Do I Need to Convert Theta to Radians for Taking the Derivative?

[jonesyxd]

Hi all,

The following is part of a part, of an assignment for my MATLAB course for uni.

For most of the ODE solvers in MATLAB you also have to be able to solve the question numerically - and this is the component of the question I'm doing here..


The equilibrium equation of an arch type structure is the function below..

P = 4 x K x L[cos(alpha -theta ) - cos(alpha)] x tan(alpha -theta );
GIVEN L=1m, alpha=30degrees, K=100kN/m

Substituting in unknowns we get..

P = 400[cos(30 - theta) - cos(30)] x tan(30 - theta)

Now I have a function of P(force) and theta(angle in degs), for the question though I have to solve for the roots using 'Newtons Method'(need the derivative of the function) and this is where my questions comes in..

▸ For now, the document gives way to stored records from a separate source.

ghost use Rattle.std.specs.Prelude.{◌≡◌, ◌<◌};
ghost use Rattle.eris_law_live.specs.LiveNodes.{client_of, number_of, replica_of};

use eris_base::{ClientId, Node, ReplicaId, ShardId};

/// The number that packets to the node go to: its number in the live system, or 10 where it isn't a
/// node of that system.
#[tactic(auto, unfolding(eris_law_live::specs::LiveNodes::number_of))]
pub fn number_of(node: Node) -> u32
    ensures { result ≡ number_of node }
{
    match node {
        Node::Sequencer => 0,
        Node::Coordinator => 1,
        Node::Replica(shard, replica) => replica_number(shard, replica),
        Node::Client(client) => client_number(client),
    }
}

#[tactic(auto, unfolding(eris_law_live::specs::LiveNodes::number_of))]
fn replica_number(shard: ShardId, replica: ReplicaId) -> u32
    ensures { result ≡ number_of (replica_of shard.0 replica.0) }
{
    if shard.0 < 2 && replica.0 < 3 {
        2 + 3 * shard.0 as u32 + replica.0 as u32
    } else {
        10
    }
}

#[tactic(auto, unfolding(eris_law_live::specs::LiveNodes::number_of))]
fn client_number(client: ClientId) -> u32
    ensures { result ≡ number_of (client_of client.0) }
{
    if client.0 < 2 {
        8 + client.0 as u32
    } else {
        10
    }
}
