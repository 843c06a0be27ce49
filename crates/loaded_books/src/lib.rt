// A saved book loaded, in place of what was held.
#![tactic(auto)]

ghost use Rattle.std.specs.Prelude.{◌≡◌, not, List, [], ◌≤◌, length, replicate};
ghost use Rattle.std.proofs.Math.Option.{some};
ghost use Rattle.book_entries.specs.declared.Entry.{Entry as Specs-as-Entry};
ghost use Rattle.book_entries.specs.Book.{holds, laid, entries, listed};
ghost use Rattle.book_lines.specs.Lines.{lines};
ghost use Rattle.book_text.specs.Cuts.{collected, left};
ghost use Rattle.name_book.specs.Calls.{Leaves, changed};
ghost use Rattle.loaded_books.specs.Loads.{number, meets, distinct, gathered, replaced, load as Loads·load, Counts, Fit};

use book_changes::{empty, insert};
use book_entries::Entry;
use book_text::Lines;
use counted_books::{recount, sound_book};

// Why a call leaves the book as it was.
#[derive(Clone, Copy, PartialEq, Eq)]
pub enum Refusal {
    NotABook,
    NotASavedBook,
    BookFull,
}

impl Refusal {
    // Its number in docs/REFUSALS.md.
    pub fn number(self) -> u64
        ensures { result ≡ number self }
    {
        match self {
            Refusal::NotABook => 18,
            Refusal::NotASavedBook => 23,
            Refusal::BookFull => 10,
        }
    }
}

// How many names are held now.
pub fn load(book: &mut [u32], saved: &[u8]) -> Result<usize, Refusal>
    ensures { Leaves result book.new (Loads·load book.old saved.now) }
{
    if !sound_book(book) {
        return Err(Refusal::NotABook);
    }
    let loaded = load_at(&mut book[2..], saved);
    recount(book);
    loaded
}

// A saved book loaded into the places of a sound one.
fn load_at(places: &mut [u32], saved: &[u8]) -> Result<usize, Refusal>
    requires { listed places.old ≡ some (entries places.old) }
    ensures { Leaves result places.new (changed places.old (λ n. replaced n (lines [] saved.now))) }
{
    let Some(names) = count_lines(saved) else {
        return Err(Refusal::NotASavedBook);
    };
    if twice(saved) {
        return Err(Refusal::NotASavedBook);
    }
    if places.len() / 4 < names {
        return Err(Refusal::BookFull);
    }
    empty(places);
    put_all(places, saved);
    Ok(names)
}

// How many lines there are, if all are good.
fn count_lines(saved: &[u8]) -> Option<usize>
    ensures { Counts saved.now result }
{
    let mut count = 0;
    for line in Lines::of(saved) {
        line?;
        count += 1;
    }
    Some(count)
}

// Whether a good saved book has a name or a number twice.
fn twice(saved: &[u8]) -> bool
    ensures { (L : List Specs-as-Entry) → lines [] saved.now ≡ some L → result ≡ not (distinct L) }
{
    let mut later = Lines::of(saved);
    // no `for`: those behind a line are looked at in its turn
    while let Some(line) = later.next() {
        let Some(e) = line else {
            return false;
        };
        if meets_later(later, e) {
            return true;
        }
    }
    false
}

// Whether one of the later lines, which are good, has the name or the number of e.
fn meets_later(later: Lines, e: Entry) -> bool
    ensures { (L : List Specs-as-Entry) → collected (left later.entry) ≡ some L → result ≡ holds (meets e) L }
{
    for line in later {
        let Some(f) = line else {
            return false;
        };
        if do_meet(e, f) {
            return true;
        }
    }
    false
}

// Whether two entries have one number or one name.
fn do_meet(e: Entry, f: Entry) -> bool
    ensures { result ≡ meets e f }
{
    f.number == e.number || f.is_named(e.name())
}

// Each line of a good saved book goes into emptied places.
fn put_all(places: &mut [u32], saved: &[u8])
    requires { (places.old ≡ replicate (length places.old) 0) × Fit saved.now places.old }
    ensures { (L : List Specs-as-Entry) → lines [] saved.now ≡ some L → places.new ≡ laid (length places.old) (gathered [] L) }
{
    for line in Lines::of(saved) {
        let Some(e) = line else {
            return;
        };
        insert(places, e);
    }
}
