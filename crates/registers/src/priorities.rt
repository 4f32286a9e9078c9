// IPRIORITYR: four priorities to a word.
ghost use Rattle.std.specs.Prelude.{◌≡◌, ◌*◌, ◌/◌, ◌%◌, ◌<◌};
ghost use Rattle.model.specs.Words.{gather};
ghost use Rattle.model.specs.Layout.{most_vcpus, count};
ghost use Rattle.model.specs.Registers.{banks, seen_by, read_priority, write_priority};
ghost use Rattle.registers.specs.Words.{priorities_meant, names, Byte};

use crate::views::{Bank, has_id};
use model::View;
use model::layout::{PRIORITIES, State};
use words::{byte_mask, priority_under};

// The bytes of a word that an access names.
#[derive(Clone, Copy)]
pub enum Bytes {
    All,
    One(u32),
}

// The mask of the priorities of the interrupts 4k to 4k + 3 that a view has: all or none.
#[tactic(auto, using(crate::proofs::Meant::four))]
fn priorities_meant(s: &State, view: View, k: usize) -> u32
    requires in_steps { count s.now % 32 ≡ 0 }
    requires has_word { k < 8 * banks view }
    ensures { result ≡ priorities_meant s.now view k }
{
    if has_id(s, view, 4 * k) {
        0xffff_ffff
    } else {
        0
    }
}

// The mask of the bytes that an access names.
#[tactic(auto, unfolding(crate::specs::Words::names, model::specs::Words::gather, words::specs::Words::byte_mask))]
fn bytes_named(bytes: Bytes) -> u32
    requires { Byte bytes }
    ensures { result ≡ gather 32 (λ i. names bytes (i / 8)) }
{
    match bytes {
        Bytes::All => 0xffff_ffff,
        Bytes::One(b) => byte_mask(b),
    }
}

// Word `k` of IPRIORITYR.
#[tactic(auto, using(crate::proofs::Banks::reads))]
pub fn read_priority(s: &State, view: View, k: usize) -> u32
    requires in_steps { count s.now % 32 ≡ 0 }
    requires has_block { seen_by view < most_vcpus }
    requires has_word { k < 8 * banks view }
    ensures { result ≡ read_priority s.now view k }
{
    let bank = Bank { view, k: k / 8 };
    s[bank.start() + PRIORITIES + k % 8] & priorities_meant(s, view, k)
}

// Writes bytes of word `k` of IPRIORITYR.
#[tactic(auto, using(crate::proofs::Banks::writes))]
pub fn write_priority(s: &mut State, view: View, bytes: Bytes, k: usize, x: u32)
    requires in_steps { count s.old % 32 ≡ 0 }
    requires has_block { seen_by view < most_vcpus }
    requires has_word { k < 8 * banks view }
    requires one_of_four { Byte bytes }
    ensures { s.new ≡ write_priority s.old view (names bytes) k x }
{
    let bank = Bank { view, k: k / 8 };
    let m = bytes_named(bytes) & priorities_meant(s, view, k);
    let old = s[bank.start() + PRIORITIES + k % 8];
    let new = priority_under(old, x, m);
    bank.put(s, PRIORITIES + k % 8, new);
}
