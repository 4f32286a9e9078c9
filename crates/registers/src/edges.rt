// ICFGR: the edge flags of sixteen interrupts to a word.
ghost use Rattle.std.specs.Prelude.{◌≡◌, ◌+◌, ◌*◌, ◌%◌, ◌<◌};
ghost use Rattle.model.specs.Layout.{most_vcpus, count};
ghost use Rattle.model.specs.Registers.{banks, seen_by, read_config, write_config};
ghost use Rattle.registers.specs.Words.{edges_meant, edges_under};

use crate::views::Bank;
use model::View;
use model::layout::{EDGES, State};
use model::values::EDGE_BITS;
use words::{config_of, edges_of, replace_under};

// The mask of those of the interrupts of half a bank that the view has: the first sixteen, or the last.
#[tactic(auto, using(crate::proofs::Meant::half_of))]
fn edges_meant(s: &State, bank: Bank, half: usize) -> u32
    requires in_steps { count s.now % 32 ≡ 0 }
    requires half_in { half < 2 }
    ensures { result ≡ edges_meant s.now bank.view (2 * bank.k + half) }
{
    let all = bank.interrupts(s);
    if half == 0 {
        all & EDGE_BITS
    } else {
        all >> 16
    }
}

// Word `k` of ICFGR.
#[tactic(auto, using(crate::proofs::Banks::reads))]
pub fn read_config(s: &State, view: View, k: usize) -> u32
    requires in_steps { count s.now % 32 ≡ 0 }
    requires has_block { seen_by view < most_vcpus }
    requires has_word { k < 2 * banks view }
    ensures { result ≡ read_config s.now view k }
{
    let bank = Bank { view, k: k / 2 };
    let half = k % 2;
    config_of(s[bank.start() + EDGES + half] & edges_meant(s, bank, half))
}

// Sixteen edge flags `w`, after the bits `e` are written to those that the mask `m` names.
fn edges_under(w: u32, e: u32, m: u32) -> u32
    ensures { result ≡ edges_under w e m }
{
    replace_under(w, e, m) & EDGE_BITS
}

// Writes word `k` of ICFGR; latch and line are kept.
#[tactic(auto, using(crate::proofs::Banks::writes))]
pub fn write_config(s: &mut State, view: View, k: usize, x: u32)
    requires in_steps { count s.old % 32 ≡ 0 }
    requires has_block { seen_by view < most_vcpus }
    requires has_word { k < 2 * banks view }
    ensures { s.new ≡ write_config s.old view k x }
{
    let bank = Bank { view, k: k / 2 };
    let half = k % 2;
    let m = edges_meant(s, bank, half);
    let old = s[bank.start() + EDGES + half];
    let new = edges_under(old, edges_of(x), m);
    bank.put(s, EDGES + half, new);
}
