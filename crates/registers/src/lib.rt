// The memory-mapped registers: decode of an offset, and reading and writing one word of a register, guest's and attribute's.
#![tactic(auto)]

pub mod decode;
mod edges;
mod flags;
mod priorities;
mod routes;
mod single;
mod views;

ghost use Rattle.std.specs.Prelude.{◌≡◌, true, ◌<◌};
ghost use Rattle.model.specs.Layout.{most_vcpus};
ghost use Rattle.model.specs.Sound.{sound};
ghost use Rattle.model.specs.Registers.{words_of, seen_by, read, write};

use edges::{read_config, write_config};
use flags::{read_flags, write_flags};
use model::layout::{COUNT, ENABLES, State};
use model::values::{GICD_CTLR_BITS, GICD_CTLR_FIXED, GICD_TYPER_FIXED, IIDR};
use model::{By, Register, View};
use priorities::read_priority;
pub use priorities::{Bytes, write_priority};
use routes::{read_route, write_route};
use single::{frame_typer, status_at, write_status};
use state::affinity_of;
use views::{Bank, vcpu_of};
pub use views::{frame_view, seen_by};

// Reads word `k` of a register.
#[tactic(auto, using(crate::proofs::Requests::asked), unfolding(model::specs::Registers::read, model::specs::Registers::words_of))]
pub fn read_word(s: &State, by: By, view: View, register: Register, k: usize) -> u32
    requires is_sound { sound s.now ≡ true }
    requires has_block { seen_by view < most_vcpus }
    requires has_word { k < words_of view register }
    ensures { result ≡ read by s.now view register k }
{
    match register {
        Register::Fixed(c) => c,
        Register::Control => GICD_CTLR_FIXED + s[ENABLES],
        Register::Typer => GICD_TYPER_FIXED + s[COUNT] / 32 - 1,
        Register::Iidr => IIDR,
        Register::Status => s[status_at(view)],
        Register::Bits(f) => read_flags(s, by, Bank { view, k }, f),
        Register::Priority => read_priority(s, view, k),
        Register::Config => read_config(s, view, k),
        Register::Route => read_route(s, view, k),
        Register::FrameTyper => frame_typer(s, vcpu_of(view)),
        Register::FrameAffinity => affinity_of(s, vcpu_of(view)).0,
    }
}

// Writes word `k` of a register. The words that never change ignore it.
#[tactic(auto, using(crate::proofs::Requests::asked), unfolding(model::specs::Registers::write, model::specs::Registers::words_of, crate::specs::Words::names))]
pub fn write_word(s: &mut State, by: By, view: View, register: Register, k: usize, x: u32)
    requires is_sound { sound s.old ≡ true }
    requires has_block { seen_by view < most_vcpus }
    requires has_word { k < words_of view register }
    ensures { s.new ≡ write by s.old view register k x }
{
    match register {
        Register::Control => {
            s[ENABLES] = x & GICD_CTLR_BITS;
        }
        Register::Status => write_status(s, by, view, x),
        Register::Bits(f) => write_flags(s, by, Bank { view, k }, f, x),
        Register::Priority => write_priority(s, view, Bytes::All, k, x),
        Register::Config => write_config(s, view, k, x),
        Register::Route => write_route(s, view, k, x),
        Register::Fixed(_) => {}
        Register::Typer => {}
        Register::Iidr => {}
        Register::FrameTyper => {}
        Register::FrameAffinity => {}
    }
}
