// IROUTER: a low word and a high word for each interrupt from 32 on.
ghost use Rattle.std.specs.Prelude.{◌≡◌, ◌<◌};
ghost use Rattle.model.specs.Registers.{read_route, write_route};

use crate::views::has_id;
use model::View;
use model::layout::{ROUTES, State};
use model::values::ROUTE_BITS;
use state::put_route;

// Word `k` of IROUTER; a high word is zero.
#[tactic(auto, unfolding(model::specs::Registers::read_route))]
pub fn read_route(s: &State, view: View, k: usize) -> u32
    requires { k < 1976 }
    ensures { result ≡ read_route s.now view k }
{
    if k % 2 == 0 && has_id(s, view, 32 + k / 2) {
        s[ROUTES + k / 2]
    } else {
        0
    }
}

// Writes word `k` of IROUTER: bits 23-0 of a low word are kept.
#[tactic(auto, unfolding(model::specs::Registers::write_route))]
pub fn write_route(s: &mut State, view: View, k: usize, x: u32)
    requires { k < 1976 }
    ensures { s.new ≡ write_route s.old view k x }
{
    let id = 32 + k / 2;
    if k % 2 == 0 && has_id(s, view, id) {
        put_route(s, id, x & ROUTE_BITS);
    }
}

To find the derivative of this function with respect to theta, do I first need to convert theta to radians? ie, alpha = Pi / 6, Theta = Pi / 180(theta) ?? ..should I be taking the derivative of the above function? or the one below

P = 400[cos(Pi/6 - Pi/180(theta)) - cos(Pi/6)] x tan(Pi/6 - Pi/180(theta))

Thanks for reading!

 

[szynkasz]

Formally you should convert it to radians.

 

[jonesyxd]

What do you mean 'formally'?

If they are not in radians when I get to the chain rule, this will happen

derivative of cos(30 - theta) = -sin(30 - theta) * (-1) = sin(30 - theta)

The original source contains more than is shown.